## EXERCISE DETAILS
Where a line in the listing contains the string "bool", copy that line out.

## EXTRACTED INFORMATION
// Checks 15 to 17 of a block.
ghost use Rattle.std.specs.Prelude.{◌≡◌, take};
ghost use Rattle.tables.specs.Refusals.{verdict_of};
ghost use Rattle.blocks.specs.Fnv.{fnv1a};
ghost use Rattle.blocks.specs.Blocks.{head_of, wrong_filler, block_fault};
ghost use Rattle.blocks.specs.Steps.{number32, all_zero};

use super::{Block, Check, Head};
use tables::{Refusal, refuse_if};

// Whether all bytes are zero. It looks at each, so that the compiler may take many at a time.
fn all_zero(s: &[u8]) -> bool
    ensures { result ≡ all_zero s.now }
{
    s.iter().fold(0, |any, b| any | *b) == 0
}

impl Block<'_> {
    // The check of bytes 0 to 507.
    fn computed_check(self) -> u32
        ensures { result ≡ fnv1a (take 508 self.entry.bytes.now) }
    {
        let bytes = self.bytes;
        Check::fresh().part(&bytes[..Check::COVERED]).state
    }

    // The check that stands in bytes 508 to 511.
    fn stored_check(self) -> u32
        ensures { result ≡ number32 self.entry.bytes.now 508 }
    {
        let b = self.bytes;
        u32::from_le_bytes([b[508], b[509], b[510], b[511]])
    }

    // Whether a byte from the records' end to byte 507 is not zero.
    fn wrong_filler(self, head: Head) -> bool
        ensures { result ≡ wrong_filler head self.entry.bytes.now }
    {
        let bytes = self.bytes;
        let end = head.records_end();
        end < Check::COVERED && !all_zero(&bytes[end..Check::COVERED])
    }

    // Refusals 15, 16 and 17 of the block at a place, by its head and the kind of the block before, 0 where there is none.
    // Kept: no Option for that kind, since the definitions `kind_before` and `block_fault` have 0.
    pub fn check_by(self, head: Head, before: u8, place: usize) -> Result<(), Refusal>
        requires { head ≡ head_of self.bytes.now }
        ensures { result ≡ verdict_of (block_fault before place self.entry.bytes.now) }
    {
        let wrong_check = self.computed_check() != self.stored_check();
        refuse_if(wrong_check, Refusal::BadCheck(place))?;
        refuse_if(head.wrong(before, place), Refusal::BadHead(place))?;
        refuse_if(self.wrong_filler(head), Refusal::BadFiller(place))
    }

    // The same for a caller that holds no head.
    pub fn check(self, before: u8, place: usize) -> Result<(), Refusal>
        ensures { result ≡ verdict_of (block_fault before place self.entry.bytes.now) }
    {
        self.check_by(self.head(), before, place)
    }
}
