// The kinds of blocks, and the records that a block of each kind holds.
ghost use Rattle.std.specs.Prelude.{◌≡◌, refl, ◌⊎◌, MatchResult, List, ℕ, ◌<◌, ◌≤◌};
ghost use Rattle.std.proofs.Common.{lit≤};
ghost use Rattle.blocks.specs.Blocks.{by_kind, capacity, record_size};
ghost use Rattle.blocks.specs.Steps.{number_of, box_record, containment_record, arrow_record};

use super::Block;

// A record: its block's kind, its bytes, and how many a block holds at most.
pub trait Record: Copy {
    const KIND: u8;

    const SIZE: usize;

    const CAPACITY: usize;

    ghost KIND: { ℕ };

    ghost SIZE: { ℕ };

    ghost CAPACITY: { ℕ };

    // Record j of a block, by the numbers of its row.
    ghost read: { List ℕ → ℕ → Self };

    // Record j of a block.
    fn at(block: Block<'_>, j: usize) -> Self
        requires { j < CAPACITY }
        ensures { result ≡ read block.entry.bytes.now j };

    ghost kind_is: { (1 ≤ KIND) × (KIND ≤ 3) };

    ghost size_is: { SIZE ≡ record_size KIND };

    ghost capacity_is: { CAPACITY ≡ capacity KIND };
}

// A record of a box block. Kept: its byte is a number, as an arrow's mode and sign are, since a record shows what any block has.
#[derive(Clone, Copy)]
pub struct BoxRecord {
    pub side: u8,
}

impl Record for BoxRecord {
    const KIND: u8 = 1;

    const SIZE: usize = 1;

    const CAPACITY: usize = 500;

    ghost KIND = { 1 };

    ghost SIZE = { 1 };

    ghost CAPACITY = { 500 };

    ghost read = { box_record };

    ghost kind_is = { (lit≤ tt, lit≤ tt) };

    ghost size_is = { unfold record_size by_kind in refl };

    ghost capacity_is = { unfold capacity by_kind in refl };

    fn at(block: Block<'_>, j: usize) -> Self {
        Self {
            side: block.bytes[8 + j],
        }
    }
}

// A record of a containment block.
#[derive(Clone, Copy)]
pub struct ContainmentRecord {
    pub outer: u16,
    pub inner: u16,
}

impl Record for ContainmentRecord {
    const KIND: u8 = 2;

    const SIZE: usize = 4;

    const CAPACITY: usize = 125;

    ghost KIND = { 2 };

    ghost SIZE = { 4 };

    ghost CAPACITY = { 125 };

    ghost read = { containment_record };

    ghost kind_is = { (lit≤ tt, lit≤ tt) };

    ghost size_is = { unfold record_size by_kind in refl };

    ghost capacity_is = { unfold capacity by_kind in refl };

    fn at(block: Block<'_>, j: usize) -> Self {
        let from = 8 + Self::SIZE * j;
        Self {
            outer: block.number(from),
            inner: block.number(from + 2),
        }
    }
}

// A record of an arrow block.
#[derive(Clone, Copy)]
pub struct ArrowRecord {
    pub tail: u16,
    pub head: u16,
    pub mode: u8,
    pub sign: u8,
}

impl Record for ArrowRecord {
    const KIND: u8 = 3;

    const SIZE: usize = 6;

    const CAPACITY: usize = 83;

    ghost KIND = { 3 };

    ghost SIZE = { 6 };

    ghost CAPACITY = { 83 };

    ghost read = { arrow_record };

    ghost kind_is = { (lit≤ tt, lit≤ tt) };

    ghost size_is = { unfold record_size by_kind in refl };

    ghost capacity_is = { unfold capacity by_kind in refl };

    fn at(block: Block<'_>, j: usize) -> Self {
        let from = 8 + Self::SIZE * j;
        Self {
            tail: block.number(from),
            head: block.number(from + 2),
            mode: block.bytes[from + 4],
            sign: block.bytes[from + 5],
        }
    }
}

// The kinds of blocks.
#[derive(Clone, Copy)]
pub(crate) enum Kind {
    Boxes,
    Containments,
    Arrows,
}

// A number of no kind.
#[derive(Clone, Copy)]
pub(crate) struct NoKind;

impl TryFrom<u8> for Kind {
    type Error = NoKind;

    ghost try_from_gives = { λ number r. MatchResult r (λ kind. number_of kind ≡ number) (λ _. (number < 1) ⊎ (3 < number)) };

    fn try_from(number: u8) -> Result<Self, NoKind> {
        match number {
            BoxRecord::KIND => Ok(Kind::Boxes),
            ContainmentRecord::KIND => Ok(Kind::Containments),
            ArrowRecord::KIND => Ok(Kind::Arrows),
            _ => Err(NoKind),
        }
    }
}

impl Kind {
    // The bytes of a record.
    pub(crate) fn size(self) -> usize
        ensures { result ≡ record_size (number_of self) }
    {
        match self {
            Kind::Boxes => BoxRecord::SIZE,
            Kind::Containments => ContainmentRecord::SIZE,
            Kind::Arrows => ArrowRecord::SIZE,
        }
    }

    // How many records a block holds at most.
    pub(crate) fn capacity(self) -> usize
        ensures { result ≡ capacity (number_of self) }
    {
        match self {
            Kind::Boxes => BoxRecord::CAPACITY,
            Kind::Containments => ContainmentRecord::CAPACITY,
            Kind::Arrows => ArrowRecord::CAPACITY,
        }
    }
}
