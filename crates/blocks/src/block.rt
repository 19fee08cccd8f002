// A block of a file, and what its bytes say.
ghost use Rattle.std.specs.Prelude.{◌≡◌, ◌+◌, ◌*◌, ◌<◌, ◌≤◌};
ghost use Rattle.blocks.specs.Blocks.{number16, head_of};
ghost use Rattle.blocks.specs.Files.{block_at, block_count};

use super::{BLOCK_SIZE, Head};

// A block: so many bytes of a file.
#[derive(Clone, Copy)]
pub struct Block<'a> {
    pub bytes: &'a [u8; BLOCK_SIZE],
}

impl<'a> Block<'a> {
    // The block at a place of a file.
    pub fn at(file: &'a [u8], place: usize) -> Block<'a>
        requires { place < block_count file.now }
        ensures { result.bytes.now ≡ block_at file.now place }
    {
        let from = BLOCK_SIZE * place;
        let bytes = &file[from..from + BLOCK_SIZE];
        Block {
            bytes: bytes.try_into().unwrap(),
        }
    }

    // The 16-bit number that begins at a byte.
    pub(crate) fn number(self, at: usize) -> u16
        requires { at + 1 < 512 }
        ensures { result ≡ number16 self.entry.bytes.now at }
    {
        u16::from_le_bytes([self.bytes[at], self.bytes[at + 1]])
    }

    // What the first 8 bytes say.
    pub fn head(self) -> Head
        ensures { result ≡ head_of self.entry.bytes.now }
    {
        Head {
            kind: self.bytes[0],
            byte1: self.bytes[1],
            number: self.number(2),
            count: self.number(4),
            byte6: self.bytes[6],
            byte7: self.bytes[7],
        }
    }
}
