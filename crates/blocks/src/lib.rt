// Block files: a block, its check, what it says, what is wrong with it, and the row counts of tables.
#![tactic(auto)]

mod block;
mod fnv;
mod records;
mod verify;

ghost use Rattle.std.specs.Prelude.{◌≡◌, ◌+◌, ◌*◌, ◌^◌, ◌<◌};
ghost use Rattle.blocks.specs.Blocks.{wrong_head};
ghost use Rattle.blocks.specs.Steps.{records_end, count_of, counts_with, no_counts};

pub use block::Block;
pub use fnv::Check;
use records::Kind;
pub use records::{ArrowRecord, BoxRecord, ContainmentRecord, Record};

// A block has so many bytes.
pub const BLOCK_SIZE: usize = 512;

// The first 8 bytes of a block. Kept: its kind is a number, since a head shows what any block has (`head_of`), a wrong one too.
#[derive(Clone, Copy)]
pub struct Head {
    pub kind: u8,
    pub byte1: u8,
    pub number: u16,
    pub count: u16,
    pub byte6: u8,
    pub byte7: u8,
}

impl Head {
    // How many records of a kind the block has.
    // Kept: a number and no enum, since it promises `count_of` of any number.
    pub fn count_of(self, kind: u8) -> usize
        ensures { result ≡ count_of kind self }
    {
        if self.kind == kind {
            return usize::from(self.count);
        }
        0
    }

    // The byte after the records.
    fn records_end(self) -> usize
        ensures { result ≡ records_end self }
    {
        match Kind::try_from(self.kind) {
            Ok(kind) => 8 + kind.size() * usize::from(self.count),
            Err(_) => 8,
        }
    }

    // Whether the head is wrong, by the kind of the block before and the block's place in its file.
    fn wrong(self, before: u8, place: usize) -> bool
        ensures { result ≡ wrong_head before place self }
    {
        let Ok(kind) = Kind::try_from(self.kind) else {
            return true;
        };
        (self.kind < before)
            | (self.byte1 != 0)
            | (self.byte6 != 0)
            | (self.byte7 != 0)
            | (usize::from(self.number) != place)
            | (kind.capacity() < usize::from(self.count))
    }
}

// The row counts of three tables.
#[derive(Clone, Copy)]
pub struct Counts {
    pub boxes: usize,
    pub containments: usize,
    pub arrows: usize,
}

impl Counts {
    // Those of tables without rows.
    pub fn zero() -> Self
        ensures { result ≡ no_counts }
    {
        Self {
            boxes: 0,
            containments: 0,
            arrows: 0,
        }
    }

    // Those with the records of one block more.
    pub fn with(self, head: Head) -> Self
        requires { (self.boxes < 2 ^ 32) × (self.containments < 2 ^ 32) × (self.arrows < 2 ^ 32) }
        ensures { result ≡ counts_with self head }
    {
        Self {
            boxes: self.boxes + head.count_of(BoxRecord::KIND),
            containments: self.containments + head.count_of(ContainmentRecord::KIND),
            arrows: self.arrows + head.count_of(ArrowRecord::KIND),
        }
    }
}
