// The feature bytes of an entry (document 02, paper 6).
ghost use Rattle.std.specs.Prelude.{◌≡◌};
ghost use Rattle.minimalist.specs.Lexicon.{feature_of, is_feature, selects, licenses, is_licensor, is_licensee};
ghost use Rattle.lexicon.specs.Features.{as_feature, is_category, is_licensee_of};

// A feature: its kind, and a number that partners share.
#[derive(Clone, Copy, PartialEq, Eq)]
pub enum Feature {
    Category(u8),
    Selector(u8),
    Licensor(u8),
    Licensee(u8),
}

// The feature of a byte; refusal 30 meets another byte.
pub fn feature_of(b: u8) -> Option<Feature>
    ensures { as_feature result ≡ feature_of b }
{
    match b {
        1..=15 => Some(Feature::Category(b)),
        17..=31 => Some(Feature::Selector(b % 16)),
        33..=35 => Some(Feature::Licensor(b % 16)),
        49..=51 => Some(Feature::Licensee(b % 16)),
        _ => None,
    }
}

// Whether the byte is a feature.
pub fn is_feature(b: u8) -> bool
    ensures { result ≡ is_feature b }
{
    feature_of(b).is_some()
}

// Whether the feature is the category of the number x.
fn is_category(f: Option<Feature>, x: u8) -> bool
    ensures { result ≡ is_category x (as_feature f) }
{
    f == Some(Feature::Category(x))
}

// Whether s is the selector of the category f.
pub fn selects(s: u8, f: u8) -> bool
    ensures { result ≡ selects s f }
{
    match feature_of(s) {
        Some(Feature::Selector(x)) => is_category(feature_of(f), x),
        _ => false,
    }
}

// Whether the feature is the licensee of the number x.
fn is_licensee_of(f: Option<Feature>, x: u8) -> bool
    ensures { result ≡ is_licensee_of x (as_feature f) }
{
    f == Some(Feature::Licensee(x))
}

// Whether m is the licensee of the licensor p.
pub fn licenses(p: u8, m: u8) -> bool
    ensures { result ≡ licenses p m }
{
    match feature_of(p) {
        Some(Feature::Licensor(x)) => is_licensee_of(feature_of(m), x),
        _ => false,
    }
}

// Whether the byte is a licensor.
pub fn is_licensor(b: u8) -> bool
    ensures { result ≡ is_licensor b }
{
    matches!(feature_of(b), Some(Feature::Licensor(_)))
}

// Whether the byte is a licensee.
pub fn is_licensee(b: u8) -> bool
    ensures { result ≡ is_licensee b }
{
    matches!(feature_of(b), Some(Feature::Licensee(_)))
}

## WRITTEN ANSWER
fn all_zero(s: &[u8]) -> bool
    fn wrong_filler(self, head: Head) -> bool
    fn wrong(self, before: u8, place: usize) -> bool
pub fn is_feature(b: u8) -> bool
fn is_category(f: Option<Feature>, x: u8) -> bool
pub fn selects(s: u8, f: u8) -> bool
fn is_licensee_of(f: Option<Feature>, x: u8) -> bool
pub fn licenses(p: u8, m: u8) -> bool
pub fn is_licensor(b: u8) -> bool
pub fn is_licensee(b: u8) -> bool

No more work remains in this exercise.